Which lines of the entries below run from the one holding "if out.len() <" to the one holding "the value is", inclusive? Set down exactly those lines and no others.
(Beginning of MATERIAL SUPPLIED)
// An order answered: its bytes go in, and the text goes into a lent buffer.
ghost use Rattle.std.specs.Prelude.{◌≡◌, [], ◌+◌, ◌-◌, ◌*◌, ◌≤◌, ◌<◌, length};
ghost use Rattle.numbers.specs.OneOutcome.{pair};
ghost use Rattle.numbers.specs.Overlay.{overlay};
ghost use Rattle.table.specs.Buffers.{buffers, outcome};
ghost use Rattle.order.specs.Form.{points, queries, knots, averages};
ghost use Rattle.order.specs.Answer.{line_byte, text_for, ordered, room, answered};

use crate::asking::ask;
use crate::form::Form;
use crate::text::{put_build, put_query};
use curve::build::build;
use curve::curve::Curve;
use numbers::SLOTS;
use refusal::Refusal;
use table::ends::Seam;

// The longest text: a line for the build and 64 for queries.
const LONGEST: usize = 2506;

// The slots of the largest table that an order can have.
const ROOM: usize = 200 * SLOTS;

// A line to each query, from the tenth byte on.
fn put_queries(form: Form, xs: &[f64], curve: Curve, tags: &[u16], slots: &[f64], out: &mut [u8])
    requires { 2506 ≤ length out.old }
    ensures { out.new ≡ overlay 10 (39 * queries form.entry.bytes.now) (line_byte form.entry.bytes.now (20 + 16 * points form.entry.bytes.now) xs.now curve tags.now slots.now) out.old }
{
    let from = 20 + 16 * form.points();
    let count = form.queries();
    for k in 0..count {
        let line = ask(xs, curve, tags, slots, form.float_at(from + 8 * k));
        put_query(out, 10 + 39 * k, line);
    }
}

// The lines of a build that was accepted or refused; answers how long they are.
fn put_answer(
    form: Form,
    xs: &[f64],
    built: Result<Curve, Refusal>,
    tags: &[u16],
    slots: &[f64],
    out: &mut [u8],
) -> usize
    requires { 2506 ≤ length out.old }
    ensures { pair result out.new ≡ text_for form.entry.bytes.now xs.now (outcome built [] tags.now slots.now) out.old }
{
    match built {
        Err(refusal) => {
            put_build(out, u64::from(refusal.number()), 0);
            10
        }
        Ok(curve) => {
            put_build(out, 0, curve.sections as u64);
            let asked = curve.with_extrapolation(form.allow());
            put_queries(form, xs, asked, tags, slots, out);
            10 + 39 * form.queries()
        }
    }
}

// The table of an order, built and asked.
fn answer_table(
    form: Form,
    xs: &[f64],
    ys: &[f64],
    nodes: &mut [f64],
    tags: &mut [u16],
    slots: &mut [f64],
    out: &mut [u8],
) -> usize
    requires { 2506 ≤ length out.old }
    ensures { pair result out.new ≡ text_for form.entry.bytes.now xs.now (ordered form.entry.bytes.now xs.now ys.now (buffers nodes.old tags.old slots.old)) out.old }
{
    let built = build(xs, ys, form.method(), form.hold(), None, nodes, tags, slots);
    put_answer(form, xs, built, tags, slots, out)
}

// The text of a well-formed order, whose table is read first; answers how long it is.
fn answer_form(form: Form, out: &mut [u8]) -> usize
    requires { 2506 ≤ length out.old }
    ensures { pair result out.new ≡ text_for form.entry.bytes.now (knots form.entry.bytes.now) (ordered form.entry.bytes.now (knots form.entry.bytes.now) (averages form.entry.bytes.now) room) out.old }
{
    let points = form.points();
    let mut knots = [0.0; 200];
    let mut averages = [0.0; 200];
    let mut nodes = [0.0; 200];
    let mut tags = [0u16; 200];
    let mut slots = [0.0; ROOM];
    form.read_floats(20, points, &mut knots);
    form.read_floats(20 + 8 * points, points, &mut averages);
    answer_table(
        form,
        &knots[..points],
        &averages[..points],
        &mut nodes,
        &mut tags,
        &mut slots,
        out,
    )
}

// Answers an order. The text is at most 2,506 bytes; a buffer that could not hold the longest is not written to. An order that is not well formed has
// its own text.
pub fn answer(order: &[u8], out: &mut [u8]) -> Result<usize, Refusal>
    ensures { pair result out.new ≡ answered order.now out.old }
{
    if out.len() < LONGEST {
        return Err(Refusal::BufferTooShort);
    }
    match Form::of(order) {
        None => {
            put_build(out, u64::from(Refusal::OrderMalformed.number()), 0);
            Ok(10)
        }
        Some(form) => Ok(answer_form(form, out)),
    }
}
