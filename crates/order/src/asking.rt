// What a query of an order is answered.
ghost use Rattle.std.specs.Prelude.{◌≡◌};
ghost use Rattle.order.specs.Answer.{refused_line, line_of};

use curve::curve::Curve;
use query::answer::finite;
use query::single::{primitive, value};
use refusal::Refusal;

// A query's refusal, or 0, and the bits of its two numbers, which are 0 where it is refused.
#[derive(Clone, Copy)]
pub(crate) struct Line {
    pub refusal: u64,
    pub value: u64,
    pub primitive: u64,
}

// No number stands beside a refusal.
fn refused(refusal: Refusal) -> Line
    ensures { result ≡ refused_line refusal }
{
    Line {
        refusal: u64::from(refusal.number()),
        value: 0,
        primitive: 0,
    }
}

// The value and the primitive, or what refuses the one or the other. Both are refused alike but for a number that is not finite: where the value is
// finite the primitive need not be, so each is asked for its own verdict.
pub(crate) fn ask(xs: &[f64], curve: Curve, tags: &[u16], slots: &[f64], q: f64) -> Line
    ensures { result ≡ line_of xs.now curve tags.now slots.now q }
{
    match finite(value(xs, curve, tags, slots, q)) {
        Err(refusal) => refused(refusal),
        Ok(price) => match finite(primitive(xs, curve, tags, slots, q)) {
            Err(refusal) => refused(refusal),
            Ok(total) => Line {
                refusal: 0,
                value: numbers::to_bits(price),
                primitive: numbers::to_bits(total),
            },
        },
    }
}
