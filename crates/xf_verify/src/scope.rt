//! The values that are visible where an operation stands, with their types.
ghost use Rattle.std.specs.Prelude.{◌≡◌, ◌++◌, ◌∷◌, [], Some, None, map, IfOk, OnOk, if◌then◌else◌};
ghost use Rattle.std.specs.Option.{option_copied};
ghost use Rattle.xf_verify.specs.Visible.{definitions_in, no_definitions, with_definition, without, result_type};
ghost use Rattle.xf_verify.specs.Visible.{argument_type, types_in, has_types, definition_of};
ghost use Rattle.xf_rules.specs.OperandTypes.{operand_types};

use std::alloc::Global;
use std::collections::BTreeMap;
use xf_ir::{Op, OpName, ValueName};
use xf_type::{NoMemory, PayloadType};

/// The values of an operation that are visible, by their types.
#[derive(Clone, Copy)]
pub enum Definition<'a> {
    /// Its results.
    Results(&'a [PayloadType]),
    /// The arguments of the block of its region with that number.
    Arguments(usize, &'a [PayloadType]),
}

/// Whether there are types.
fn has_types(types: &[PayloadType]) -> bool
    ensures { result ≡ has_types types.now }
{
    match types {
        [] => false,
        [_, ..] => true,
    }
}

/// The operations whose values are visible, each with these values.
#[derive(Drop)]
pub struct VisibleValues<'a> {
    definitions: BTreeMap<u64, Definition<'a>>,
}

impl<'a> VisibleValues<'a> {
    /// No values.
    pub fn new(alloc: Global) -> VisibleValues<'a>
        ensures { definitions_in result ≡ no_definitions }
    {
        VisibleValues {
            definitions: BTreeMap::new(alloc),
        }
    }

    /// Lets values of an operation be visible.
    fn insert(&mut self, name: OpName, definition: Definition<'a>) -> Result<(), NoMemory>
        ensures { OnOk result (definitions_in self.new
            ≡ with_definition name.0 (Some definition.entry) (definitions_in self.old)) }
    {
        self.definitions.insert(name.0, definition)?;
        Ok(())
    }

    /// Lets values of these types, of an operation of which none is visible, be visible. It takes time
    /// in the logarithm of the number of operations there, and none where there are no types.
    ///
    /// Refuses for want of memory alone.
    pub fn enter(
        &mut self,
        name: OpName,
        types: &[PayloadType],
        definition: Definition<'a>,
    ) -> Result<(), NoMemory>
        requires { definitions_in self.old name.0 ≡ None }
        ensures { OnOk result (definitions_in self.new
            ≡ with_definition name.0 (definition_of types.now definition.entry) (definitions_in self.old)) }
    {
        if has_types(types) {
            self.insert(name, definition)?;
        }
        Ok(())
    }

    /// Lets no value of an operation be visible, of which values of these types may be.
    pub fn leave(&mut self, name: OpName, types: &[PayloadType])
        ensures { definitions_in self.new ≡ (if has_types types.now
            then with_definition name.0 None (definitions_in self.old) else definitions_in self.old) }
    {
        if has_types(types) {
            self.definitions.remove(&name.0);
        }
    }

    /// Lets no result of these operations be visible.
    pub fn leave_all(&mut self, ops: &[Op])
        ensures { definitions_in self.new ≡ without ops.now (definitions_in self.old) }
    {
        for op in ops {
            self.leave(op.name, op.results.as_slice());
        }
    }

    /// The type of a result of an operation.
    fn result_type(&self, name: OpName, number: u32) -> Option<&'a PayloadType>
        ensures { option_copied result ≡ result_type (definitions_in self.now name.0) number }
    {
        match self.definitions.get(&name.0) {
            Some(Definition::Results(types)) => types.get(number as usize),
            _ => None,
        }
    }

    /// The type of an argument of the block of a region.
    fn argument_type(&self, name: OpName, region: u32, number: u32) -> Option<&'a PayloadType>
        ensures { option_copied result ≡ argument_type (definitions_in self.now name.0) region number }
    {
        match self.definitions.get(&name.0) {
            Some(Definition::Arguments(inside, types)) => {
                if region as usize == *inside {
                    types.get(number as usize)
                } else {
                    None
                }
            }
            _ => None,
        }
    }

    /// The type of a value, or `None` where it is not visible.
    fn type_of(&self, value: ValueName) -> Option<&'a PayloadType>
        ensures { option_copied result ≡ types_in self.now value }
    {
        match value {
            ValueName::Result { op, num } => self.result_type(op, num),
            ValueName::Arg { op, region, num } => self.argument_type(op, region, num),
            ValueName::Free(_) => None,
        }
    }

    /// The types of values, `None` for each that is not visible. Refuses for want of memory alone.
    pub fn operand_types(
        &self,
        alloc: Global,
        values: &[ValueName],
    ) -> Result<Vec<Option<&'a PayloadType>>, NoMemory>
        ensures { IfOk result (λ types. operand_types types.items ≡ map (types_in self.now) values.now) }
    {
        let mut types = Vec::new(alloc);
        for value in values {
            types.push(self.type_of(*value))?;
        }
        Ok(types)
    }
}
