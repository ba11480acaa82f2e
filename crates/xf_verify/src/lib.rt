//! The verifier of payload modules: the first operation that breaks a rule, with the rule.
#![tactic(auto)]

mod calls;
mod facts;
mod fault;
mod functions;
mod local;
mod scope;
mod stand;
mod verifier;
mod walk;

pub use fault::VerifyFault;
pub use verifier::verify;
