//! An operation where it stands: what a rule looks at.
ghost use Rattle.std.specs.Prelude.{◌≡◌, IfOk};
ghost use Rattle.xf_ir.specs.Lists.{every};
ghost use Rattle.xf_ir.specs.Placed.{holder_of, gives_of, body_gives, top};
ghost use Rattle.xf_ir.specs.Types.{known, last_type, element_of};
ghost use Rattle.xf_rules.specs.OperandTypes.{operand_types};
ghost use Rattle.xf_rules.specs.Given.{gives_seen};
ghost use Rattle.xf_verify.specs.Judged.{holder_seen};

use xf_ir::{Kind, Op};
use xf_rules::Yielded;
use xf_type::{PayloadType, Width};

/// What holds the operations of a block: an operation of a kind, which is given these values at the
/// block's end.
#[derive(Clone, Copy)]
pub struct Holder<'a> {
    pub kind: &'a Kind,
    pub gives: Yielded<'a>,
}

/// An operation where it stands: what holds its block, the types of its operands, and the operations
/// behind it in the block.
#[derive(Clone, Copy)]
pub struct Stand<'a> {
    pub holder: Holder<'a>,
    pub types: &'a [Option<&'a PayloadType>],
    pub op: &'a Op,
    pub after: &'a [Op],
}

/// The width of the elements; a scalar is its own element.
fn element_of(t: &PayloadType) -> Width
    ensures { result ≡ element_of t.now }
{
    match t {
        PayloadType::Scalar(width) => *width,
        PayloadType::Tensor(shape) => shape.elem,
    }
}

/// What a body of linalg gives: one element of the out.
fn element_given<'a>(types: &[Option<&PayloadType>]) -> Yielded<'a>
    ensures { gives_seen result ≡ body_gives (last_type (operand_types types.now)) }
{
    match types.last() {
        Some(out) => match *out {
            Some(out) => Yielded::Element(element_of(out)),
            None => Yielded::Nothing,
        },
        None => Yielded::Nothing,
    }
}

/// What the blocks of an operation give at their ends.
fn gives_of<'a>(op: &'a Op, types: &[Option<&PayloadType>]) -> Yielded<'a>
    ensures { gives_seen result ≡ gives_of op.now.kind (operand_types types.now) op.now.results }
{
    match &op.kind {
        Kind::Func { results, .. } => Yielded::Types(results.as_slice()),
        Kind::For { .. } => Yielded::Types(op.results.as_slice()),
        Kind::If => Yielded::Types(op.results.as_slice()),
        Kind::Generic { .. } => element_given(types),
        _ => Yielded::Nothing,
    }
}

/// An operation as what holds the operations of its blocks.
pub fn holder_of<'a>(op: &'a Op, types: &[Option<&PayloadType>]) -> Holder<'a>
    ensures { holder_seen result ≡ holder_of op.now.kind (operand_types types.now) op.now.results }
{
    Holder {
        kind: &op.kind,
        gives: gives_of(op, types),
    }
}

/// Whether each operand is visible.
pub fn are_known(types: &[Option<&PayloadType>]) -> bool
    ensures { result ≡ every known (operand_types types.now) }
{
    for found in types {
        if found.is_none() {
            return false;
        }
    }
    true
}
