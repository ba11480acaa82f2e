//! The functions of a module: they alone stand in its root, and their symbols are different.
ghost use Rattle.std.specs.Prelude.{◌≡◌, true, [], IfOk, OnOk};
ghost use Rattle.xf_ir.specs.Kinds.{is_module, is_function};
ghost use Rattle.xf_ir.specs.Lists.{texts_once};
ghost use Rattle.xf_ir.specs.Placed.{functions_of};
ghost use Rattle.xf_ir.specs.Valid.{symbols_before, symbols_of, symbols_in};
ghost use Rattle.xf_ir.specs.View.{ops_of, regions_of};
ghost use Rattle.xf_ir.specs.Violations.{regions_inner, functions_alone, blocks_alone, holds_functions};
ghost use Rattle.xf_verify.specs.Symbols.{symbols_seen, no_symbols, new_symbols, with_symbols};

use std::alloc::Global;
use std::collections::BTreeSet;
use xf_ir::{Block, Kind, Module, Op};
use xf_type::NoMemory;

/// The operations of the module's first block.
pub fn functions_of(m: &Module) -> &[Op]
    ensures { ops_of result.now ≡ functions_of m.now }
{
    match m.root.regions.first() {
        Some(block) => &block.ops,
        None => &[],
    }
}

/// Whether it is a module.
fn is_module(kind: &Kind) -> bool
    ensures { result ≡ is_module kind.now }
{
    matches!(kind, Kind::Module { .. })
}

/// Whether it is a function.
fn is_function(kind: &Kind) -> bool
    ensures { result ≡ is_function kind.now }
{
    matches!(kind, Kind::Func { .. })
}

/// Whether an operation holds no module and no function.
fn holds_no_container(op: &Op) -> bool
    ensures { result ≡ regions_inner op.now.regions }
{
    for block in &op.regions {
        for inner in &block.ops {
            if inner.kind.is_container() || !holds_no_container(inner) {
                return false;
            }
        }
    }
    true
}

/// Whether these are functions, which hold no other and no module.
fn are_functions(ops: &[Op]) -> bool
    ensures { result ≡ functions_alone (ops_of ops.now) }
{
    for op in ops {
        if !is_function(&op.kind) || !holds_no_container(op) {
            return false;
        }
    }
    true
}

/// Whether the blocks hold functions alone.
fn hold_functions(blocks: &[Block]) -> bool
    ensures { result ≡ blocks_alone (regions_of blocks.now) }
{
    for block in blocks {
        if !are_functions(&block.ops) {
            return false;
        }
    }
    true
}

/// Adds the symbol of a function, and tells whether it was not there before.
fn add_symbol<'a>(symbols: &mut BTreeSet<&'a [u8]>, kind: &'a Kind) -> Result<bool, NoMemory>
    ensures new { IfOk result (λ new. new ≡ new_symbols (symbols_seen symbols.old) (symbols_before kind.now [])) }
    ensures symbols { OnOk result (symbols_seen symbols.new
        ≡ with_symbols (symbols_before kind.now []) (symbols_seen symbols.old)) }
{
    match kind {
        Kind::Func { symbol, .. } => Ok(symbols.insert(symbol.as_slice())?),
        _ => Ok(true),
    }
}

/// Adds the symbols of functions, and tells whether none of them was there before.
fn add_symbols<'a>(symbols: &mut BTreeSet<&'a [u8]>, ops: &'a [Op]) -> Result<bool, NoMemory>
    ensures new { IfOk result (λ new. new ≡ new_symbols (symbols_seen symbols.old) (symbols_of (ops_of ops.now))) }
    ensures symbols { IfOk result (λ new. new ≡ true
        → symbols_seen symbols.new ≡ with_symbols (symbols_of (ops_of ops.now)) (symbols_seen symbols.old)) }
{
    for op in ops {
        if !add_symbol(symbols, &op.kind)? {
            return Ok(false);
        }
    }
    Ok(true)
}

/// Whether the functions of blocks have different symbols.
fn symbols_differ(alloc: Global, blocks: &[Block]) -> Result<bool, NoMemory>
    ensures { IfOk result (λ differ. differ ≡ texts_once (symbols_in (regions_of blocks.now))) }
{
    let mut symbols = BTreeSet::new(alloc);
    for block in blocks {
        if !add_symbols(&mut symbols, &block.ops)? {
            return Ok(false);
        }
    }
    Ok(true)
}

/// Whether the root is a module that holds functions alone, with different symbols, and no other
/// operation is a module or a function.
///
/// Refuses for want of memory alone. Takes time in the number of operations, and a look-up among
/// the symbols for each function.
pub fn holds_functions(alloc: Global, m: &Module) -> Result<bool, NoMemory>
    ensures { IfOk result (λ holds. holds ≡ holds_functions m.now) }
{
    if !is_module(&m.root.kind) || !hold_functions(&m.root.regions) {
        return Ok(false);
    }
    symbols_differ(alloc, &m.root.regions)
}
(End of MATERIAL SUPPLIED)
> [RESULT BELOW]
    if out.len() < LONGEST {
        return Err(Refusal::BufferTooShort);
    }
    match Form::of(order) {
        None => {
            put_build(out, u64::from(Refusal::OrderMalformed.number()), 0);
            Ok(10)
        }
        Some(form) => Ok(answer_form(form, out)),
    }
}
filename crates/order/src/asking.rt
// What a query of an order is answered.
ghost use Rattle.std.specs.Prelude.{◌≡◌};
ghost use Rattle.order.specs.Answer.{refused_line, line_of};

use curve::curve::Curve;
use query::answer::finite;
use query::single::{primitive, value};
use refusal::Refusal;

// A query's refusal, or 0, and the bits of its two numbers, which are 0 where it is refused.
#[derive(Clone, Copy)]
pub(crate) struct Line {
    pub refusal: u64,
    pub value: u64,
    pub primitive: u64,
}

// No number stands beside a refusal.
fn refused(refusal: Refusal) -> Line
    ensures { result ≡ refused_line refusal }
{
    Line {
        refusal: u64::from(refusal.number()),
        value: 0,
        primitive: 0,
    }
}

// The value and the primitive, or what refuses the one or the other. Both are refused alike but for a number that is not finite: where the value is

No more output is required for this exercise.